Provided information
########################################

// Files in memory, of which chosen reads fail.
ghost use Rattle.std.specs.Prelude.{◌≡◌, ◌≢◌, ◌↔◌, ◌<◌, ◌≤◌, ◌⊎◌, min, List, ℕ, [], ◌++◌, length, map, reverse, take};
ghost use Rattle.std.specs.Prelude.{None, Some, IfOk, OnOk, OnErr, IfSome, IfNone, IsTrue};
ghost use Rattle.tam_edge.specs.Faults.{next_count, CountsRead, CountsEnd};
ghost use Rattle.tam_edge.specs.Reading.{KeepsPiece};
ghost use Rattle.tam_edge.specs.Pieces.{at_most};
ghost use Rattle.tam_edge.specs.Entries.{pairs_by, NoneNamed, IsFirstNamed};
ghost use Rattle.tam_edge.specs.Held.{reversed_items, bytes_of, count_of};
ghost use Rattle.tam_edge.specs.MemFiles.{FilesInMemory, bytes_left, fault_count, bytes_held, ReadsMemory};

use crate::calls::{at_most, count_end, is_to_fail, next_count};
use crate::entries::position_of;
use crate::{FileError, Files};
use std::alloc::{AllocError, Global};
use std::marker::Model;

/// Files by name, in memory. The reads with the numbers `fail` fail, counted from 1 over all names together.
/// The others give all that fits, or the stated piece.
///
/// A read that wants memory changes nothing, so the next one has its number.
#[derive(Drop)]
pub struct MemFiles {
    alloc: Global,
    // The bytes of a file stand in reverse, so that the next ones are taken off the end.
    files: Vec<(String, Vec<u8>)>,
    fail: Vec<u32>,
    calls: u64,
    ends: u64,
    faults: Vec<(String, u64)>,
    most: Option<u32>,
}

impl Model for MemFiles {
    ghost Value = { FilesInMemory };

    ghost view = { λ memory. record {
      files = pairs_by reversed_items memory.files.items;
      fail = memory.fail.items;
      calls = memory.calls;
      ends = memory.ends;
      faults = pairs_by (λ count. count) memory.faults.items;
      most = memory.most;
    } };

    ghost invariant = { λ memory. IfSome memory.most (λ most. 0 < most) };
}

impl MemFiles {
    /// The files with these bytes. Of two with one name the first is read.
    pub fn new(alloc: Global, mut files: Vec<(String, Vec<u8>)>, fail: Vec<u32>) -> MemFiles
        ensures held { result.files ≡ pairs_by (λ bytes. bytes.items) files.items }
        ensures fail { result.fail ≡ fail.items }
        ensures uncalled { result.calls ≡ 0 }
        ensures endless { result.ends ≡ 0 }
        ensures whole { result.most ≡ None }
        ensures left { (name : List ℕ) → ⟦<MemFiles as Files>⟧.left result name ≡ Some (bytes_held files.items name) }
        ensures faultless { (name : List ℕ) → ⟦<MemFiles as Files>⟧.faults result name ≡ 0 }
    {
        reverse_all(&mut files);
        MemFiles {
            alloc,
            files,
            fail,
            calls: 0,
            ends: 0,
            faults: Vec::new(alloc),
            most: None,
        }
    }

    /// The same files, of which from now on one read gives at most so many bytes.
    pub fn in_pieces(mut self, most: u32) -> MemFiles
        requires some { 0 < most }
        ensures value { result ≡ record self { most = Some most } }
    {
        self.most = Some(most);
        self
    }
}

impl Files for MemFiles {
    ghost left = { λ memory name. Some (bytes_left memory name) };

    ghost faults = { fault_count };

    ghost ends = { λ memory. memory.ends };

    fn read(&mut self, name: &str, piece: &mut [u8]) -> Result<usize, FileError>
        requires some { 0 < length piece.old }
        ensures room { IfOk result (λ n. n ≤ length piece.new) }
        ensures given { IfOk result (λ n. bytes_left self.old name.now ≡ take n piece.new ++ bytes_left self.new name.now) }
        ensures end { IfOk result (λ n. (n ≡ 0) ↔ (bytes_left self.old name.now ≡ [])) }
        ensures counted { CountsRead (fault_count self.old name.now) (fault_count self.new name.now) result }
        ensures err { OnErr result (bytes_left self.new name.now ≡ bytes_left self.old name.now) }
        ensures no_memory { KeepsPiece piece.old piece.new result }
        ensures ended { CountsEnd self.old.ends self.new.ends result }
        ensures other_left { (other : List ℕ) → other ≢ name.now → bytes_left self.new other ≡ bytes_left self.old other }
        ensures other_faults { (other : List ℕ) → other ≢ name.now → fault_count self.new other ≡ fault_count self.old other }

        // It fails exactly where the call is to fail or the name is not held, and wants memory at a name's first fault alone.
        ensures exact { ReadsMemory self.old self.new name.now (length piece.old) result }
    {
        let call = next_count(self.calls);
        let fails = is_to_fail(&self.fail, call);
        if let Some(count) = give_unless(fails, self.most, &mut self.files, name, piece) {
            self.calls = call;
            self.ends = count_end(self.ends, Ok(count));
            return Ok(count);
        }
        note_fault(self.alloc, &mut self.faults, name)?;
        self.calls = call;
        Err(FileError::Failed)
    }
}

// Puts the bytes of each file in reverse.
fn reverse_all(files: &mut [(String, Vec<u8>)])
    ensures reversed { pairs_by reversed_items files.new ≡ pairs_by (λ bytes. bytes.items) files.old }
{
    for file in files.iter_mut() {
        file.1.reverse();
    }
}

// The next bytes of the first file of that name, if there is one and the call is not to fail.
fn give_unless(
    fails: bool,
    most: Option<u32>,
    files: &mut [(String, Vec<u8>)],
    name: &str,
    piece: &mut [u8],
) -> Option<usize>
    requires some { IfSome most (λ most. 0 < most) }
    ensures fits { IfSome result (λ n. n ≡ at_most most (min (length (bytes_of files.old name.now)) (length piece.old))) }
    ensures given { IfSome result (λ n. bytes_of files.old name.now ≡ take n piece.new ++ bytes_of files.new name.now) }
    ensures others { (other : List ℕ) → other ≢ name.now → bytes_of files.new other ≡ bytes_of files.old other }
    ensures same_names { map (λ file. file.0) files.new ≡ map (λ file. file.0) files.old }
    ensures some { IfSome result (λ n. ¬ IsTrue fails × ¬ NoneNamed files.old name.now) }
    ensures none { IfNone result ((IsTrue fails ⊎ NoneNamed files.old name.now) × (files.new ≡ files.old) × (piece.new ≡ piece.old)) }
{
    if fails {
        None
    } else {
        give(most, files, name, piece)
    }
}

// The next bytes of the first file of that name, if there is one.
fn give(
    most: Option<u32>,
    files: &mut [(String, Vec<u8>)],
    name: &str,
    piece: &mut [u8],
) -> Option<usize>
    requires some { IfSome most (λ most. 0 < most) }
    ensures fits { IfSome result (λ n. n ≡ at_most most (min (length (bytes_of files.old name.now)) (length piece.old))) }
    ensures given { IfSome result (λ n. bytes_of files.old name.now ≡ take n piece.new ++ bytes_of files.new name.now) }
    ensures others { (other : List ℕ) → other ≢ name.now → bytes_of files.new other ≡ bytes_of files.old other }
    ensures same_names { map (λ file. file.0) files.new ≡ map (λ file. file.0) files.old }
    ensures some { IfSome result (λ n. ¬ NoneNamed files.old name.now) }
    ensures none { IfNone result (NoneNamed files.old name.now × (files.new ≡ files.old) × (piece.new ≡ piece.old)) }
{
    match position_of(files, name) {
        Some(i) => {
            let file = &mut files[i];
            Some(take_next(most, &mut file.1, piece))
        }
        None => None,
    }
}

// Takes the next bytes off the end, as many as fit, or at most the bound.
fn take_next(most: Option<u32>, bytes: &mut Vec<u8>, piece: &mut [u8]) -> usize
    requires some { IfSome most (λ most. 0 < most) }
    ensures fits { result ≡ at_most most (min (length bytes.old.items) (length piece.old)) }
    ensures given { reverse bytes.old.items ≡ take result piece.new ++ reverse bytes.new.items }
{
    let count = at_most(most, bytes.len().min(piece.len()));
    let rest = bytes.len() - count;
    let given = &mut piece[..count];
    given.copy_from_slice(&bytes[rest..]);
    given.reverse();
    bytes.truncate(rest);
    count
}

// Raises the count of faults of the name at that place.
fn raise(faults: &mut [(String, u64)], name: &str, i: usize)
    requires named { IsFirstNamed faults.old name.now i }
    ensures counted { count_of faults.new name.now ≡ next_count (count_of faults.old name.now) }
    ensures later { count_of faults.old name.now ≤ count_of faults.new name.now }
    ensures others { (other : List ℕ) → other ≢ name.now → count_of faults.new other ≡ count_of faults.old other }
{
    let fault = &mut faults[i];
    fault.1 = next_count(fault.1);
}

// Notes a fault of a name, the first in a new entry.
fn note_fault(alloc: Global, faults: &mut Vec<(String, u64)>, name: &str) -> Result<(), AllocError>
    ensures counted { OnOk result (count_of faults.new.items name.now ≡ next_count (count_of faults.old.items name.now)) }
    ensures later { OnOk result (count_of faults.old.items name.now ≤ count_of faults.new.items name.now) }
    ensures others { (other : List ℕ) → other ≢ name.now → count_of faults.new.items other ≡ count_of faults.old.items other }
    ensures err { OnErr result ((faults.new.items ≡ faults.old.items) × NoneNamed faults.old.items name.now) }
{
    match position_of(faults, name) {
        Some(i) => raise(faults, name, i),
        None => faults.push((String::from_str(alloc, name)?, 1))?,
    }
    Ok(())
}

########################################

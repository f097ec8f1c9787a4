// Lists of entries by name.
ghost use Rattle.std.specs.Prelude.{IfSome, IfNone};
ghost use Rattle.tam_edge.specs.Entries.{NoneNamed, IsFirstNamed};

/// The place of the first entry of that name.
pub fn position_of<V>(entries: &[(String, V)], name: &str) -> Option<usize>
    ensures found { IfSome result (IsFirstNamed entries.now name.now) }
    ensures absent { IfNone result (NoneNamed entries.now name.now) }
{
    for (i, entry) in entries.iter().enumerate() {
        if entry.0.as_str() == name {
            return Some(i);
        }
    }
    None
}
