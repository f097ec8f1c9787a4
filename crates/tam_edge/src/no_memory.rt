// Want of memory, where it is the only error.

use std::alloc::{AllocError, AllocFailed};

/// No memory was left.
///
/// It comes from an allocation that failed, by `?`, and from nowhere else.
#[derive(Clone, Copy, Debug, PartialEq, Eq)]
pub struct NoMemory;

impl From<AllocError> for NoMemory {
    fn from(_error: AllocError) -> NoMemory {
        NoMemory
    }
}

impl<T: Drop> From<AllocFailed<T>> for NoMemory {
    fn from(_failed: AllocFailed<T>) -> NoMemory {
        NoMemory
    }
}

########################################

What to work on
The required output is every line above from the one with "result.most ≡ None" down to the one with "OnErr result (bytes_left", restated word for word, ends included.

Answer to the exercise
        ensures whole { result.most ≡ None }
        ensures left { (name : List ℕ) → ⟦<MemFiles as Files>⟧.left result name ≡ Some (bytes_held files.items name) }
        ensures faultless { (name : List ℕ) → ⟦<MemFiles as Files>⟧.faults result name ≡ 0 }
    {
        reverse_all(&mut files);
        MemFiles {
            alloc,
            files,
            fail,
            calls: 0,
            ends: 0,
            faults: Vec::new(alloc),
            most: None,
        }
    }

    /// The same files, of which from now on one read gives at most so many bytes.
    pub fn in_pieces(mut self, most: u32) -> MemFiles
        requires some { 0 < most }
        ensures value { result ≡ record self { most = Some most } }
    {
        self.most = Some(most);
        self
    }
}

impl Files for MemFiles {
    ghost left = { λ memory name. Some (bytes_left memory name) };

    ghost faults = { fault_count };

    ghost ends = { λ memory. memory.ends };

    fn read(&mut self, name: &str, piece: &mut [u8]) -> Result<usize, FileError>
        requires some { 0 < length piece.old }
        ensures room { IfOk result (λ n. n ≤ length piece.new) }
        ensures given { IfOk result (λ n. bytes_left self.old name.now ≡ take n piece.new ++ bytes_left self.new name.now) }
        ensures end { IfOk result (λ n. (n ≡ 0) ↔ (bytes_left self.old name.now ≡ [])) }
        ensures counted { CountsRead (fault_count self.old name.now) (fault_count self.new name.now) result }
        ensures err { OnErr result (bytes_left self.new name.now ≡ bytes_left self.old name.now) }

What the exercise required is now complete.